Sesha didn’t even hesitate. He didn’t care about the potential danger, not after a night like this.

He smiled.

“I’d love to. What do you say to next week, same night?”

The man looked pleased, and nodded.

“I’ll see you then. I can’t wait. You must tell me more about Above.”

He turned in the water, as if to go, but stopped and turned back, when Sesha called out to him.

“Wait! What’s your name?” They’d been talking all this time, and hadn’t even asked each other.

“Domerin.” The man smiled at him. “Yours?”

“Sesha. It’s good to meet you.”

He leaned forward, reaching his arm out over the water without fear now, holding out his hand to the other man.

After a moment Domerin enveloped it in his own. It was warm, and soft. Not like a fish at all.

They lingered there a few moments more, letting their hands rest, and smiling at each other.
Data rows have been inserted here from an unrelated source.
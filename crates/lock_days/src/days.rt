//! The days at a lock.

use crate::turn::{Reported, Turn};
use trial::{Order, TEN};

/// A day at a lock of so many venues.
#[derive(Clone, Copy, Debug)]
pub struct LockDay {
    pub name: &'static str,
    pub venues: u8,
    pub turns: &'static [Turn],
}

const TWENTY: Order = Order { shares: 20, ..TEN };

const ONE: Order = Order { shares: 1, ..TEN };

/// Legs for two venues.
const BOTH: [Order; 3] = [
    TEN,
    Order {
        venue: 1,
        shares: 20,
        ..TEN
    },
    Order { shares: 30, ..TEN },
];

/// As many legs as a sweep may have, of one share each.
const MANY: [Order; 32] = [ONE; 32];

/// As many of ten shares each.
const FULL: Turn = Turn::Release(&[TEN; 32]);

/// The day on which memory is refused: a sweep is released to gates that are down, and others once they are up; more
/// legs than the ring of the first venue has room for are moved into it by releases and by a pump; its gate goes down,
/// stays down until every leg was popped, and goes up again.
pub const REFUSED: LockDay = LockDay {
    name: "two venues",
    venues: 2,
    turns: &[
        Turn::Release(&BOTH),
        Turn::Raise(0),
        Turn::Raise(1),
        Turn::Release(&BOTH),
        Turn::Drop { venue: 0, legs: 1 },
        Turn::Release(&MANY),
        Turn::Release(&MANY),
        Turn::Release(&MANY),
        Turn::Drop { venue: 0, legs: 40 },
        Turn::Pump(0),
        Turn::Release(&[]),
        Turn::Release(&BOTH),
        Turn::Lower(0),
        Turn::Raise(0),
        Turn::Release(&BOTH),
        Turn::Drop { venue: 0, legs: 64 },
        Turn::Raise(0),
        Turn::Drop { venue: 1, legs: 8 },
        Turn::Release(&BOTH),
        Turn::Drop { venue: 0, legs: 8 },
        Turn::Drop { venue: 1, legs: 8 },
    ],
};

/// Behind a gate that goes up, what is released is read back from the desk, the book and the ring. A report is booked,
/// once where it comes twice.
const READ_BACK: LockDay = LockDay {
    name: "what is released is read back",
    venues: 1,
    turns: &[
        Turn::Release(&[TEN]),
        Turn::Raise(0),
        Turn::Release(&[TEN]),
        Turn::Pop { venue: 0, legs: 1 },
        Turn::Pop { venue: 0, legs: 1 },
        Turn::Book {
            exec: "E",
            says: Reported::Trade(4),
        },
        Turn::Book {
            exec: "E",
            says: Reported::Trade(4),
        },
        Turn::Book {
            exec: "F",
            says: Reported::Canceled,
        },
        Turn::Release(&[TEN, TWENTY]),
        Turn::Pop { venue: 0, legs: 2 },
        Turn::Pop { venue: 0, legs: 1 },
    ],
};

/// A ring has 64 legs, and 256 stay behind it. The gate goes down, and up again once all were popped: in each round the
/// next 64 go through the ring.
const FILLS_UP: LockDay = LockDay {
    name: "64 in the ring and 256 behind it",
    venues: 1,
    turns: &[
        Turn::Raise(0),
        FULL,
        FULL,
        FULL,
        FULL,
        FULL,
        FULL,
        FULL,
        FULL,
        Turn::Pump(0),
        FULL,
        FULL,
        Turn::Pump(0),
        Turn::Release(&[TEN]),
        Turn::Pump(0),
        Turn::Lower(0),
        Turn::Raise(0),
        Turn::Pop { venue: 0, legs: 64 },
        Turn::Raise(0),
        Turn::Pump(0),
        Turn::Raise(0),
        Turn::Pop { venue: 0, legs: 64 },
        Turn::Raise(0),
        Turn::Pump(0),
        Turn::Raise(0),
        Turn::Pop { venue: 0, legs: 64 },
        Turn::Raise(0),
        Turn::Pump(0),
        Turn::Raise(0),
        Turn::Pop { venue: 0, legs: 64 },
        Turn::Raise(0),
        Turn::Pump(0),
        Turn::Raise(0),
        Turn::Pop { venue: 0, legs: 64 },
        Turn::Raise(0),
        Turn::Pop { venue: 0, legs: 1 },
    ],
};

/// With 64 legs in the ring and 32 behind it, five are popped, and no more though the ring has them. A refused sweep
/// moves no leg into the ring, and the next one moves five.
const MOVES_ON: LockDay = LockDay {
    name: "a refused sweep moves no leg",
    venues: 1,
    turns: &[
        Turn::Raise(0),
        FULL,
        FULL,
        FULL,
        Turn::Pop { venue: 0, legs: 5 },
        Turn::Release(&[TEN; 33]),
        Turn::Release(&[TEN]),
    ],
};

/// All days, the one on which memory is refused the first.
pub const DAYS: [LockDay; 4] = [REFUSED, READ_BACK, FILLS_UP, MOVES_ON];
Domerin gave his hand a squeeze, and then pulled gently away.

“It was good to meet you too. See you next week, Sesha.”

“Be well, Domerin.”

The merman turned. A blue tail sent splashes of stars up into the night air as he disappeared under the surface.

Sesha waited until the water had become a mirror again, smiling a bit dreamily at the star-studded surface. He couldn’t help but wonder if Domerin was down there still, watching him.

The thought no longer filled him with dread. Instead he smiled, and waved, just in case, before making his way back up the cliffs to home.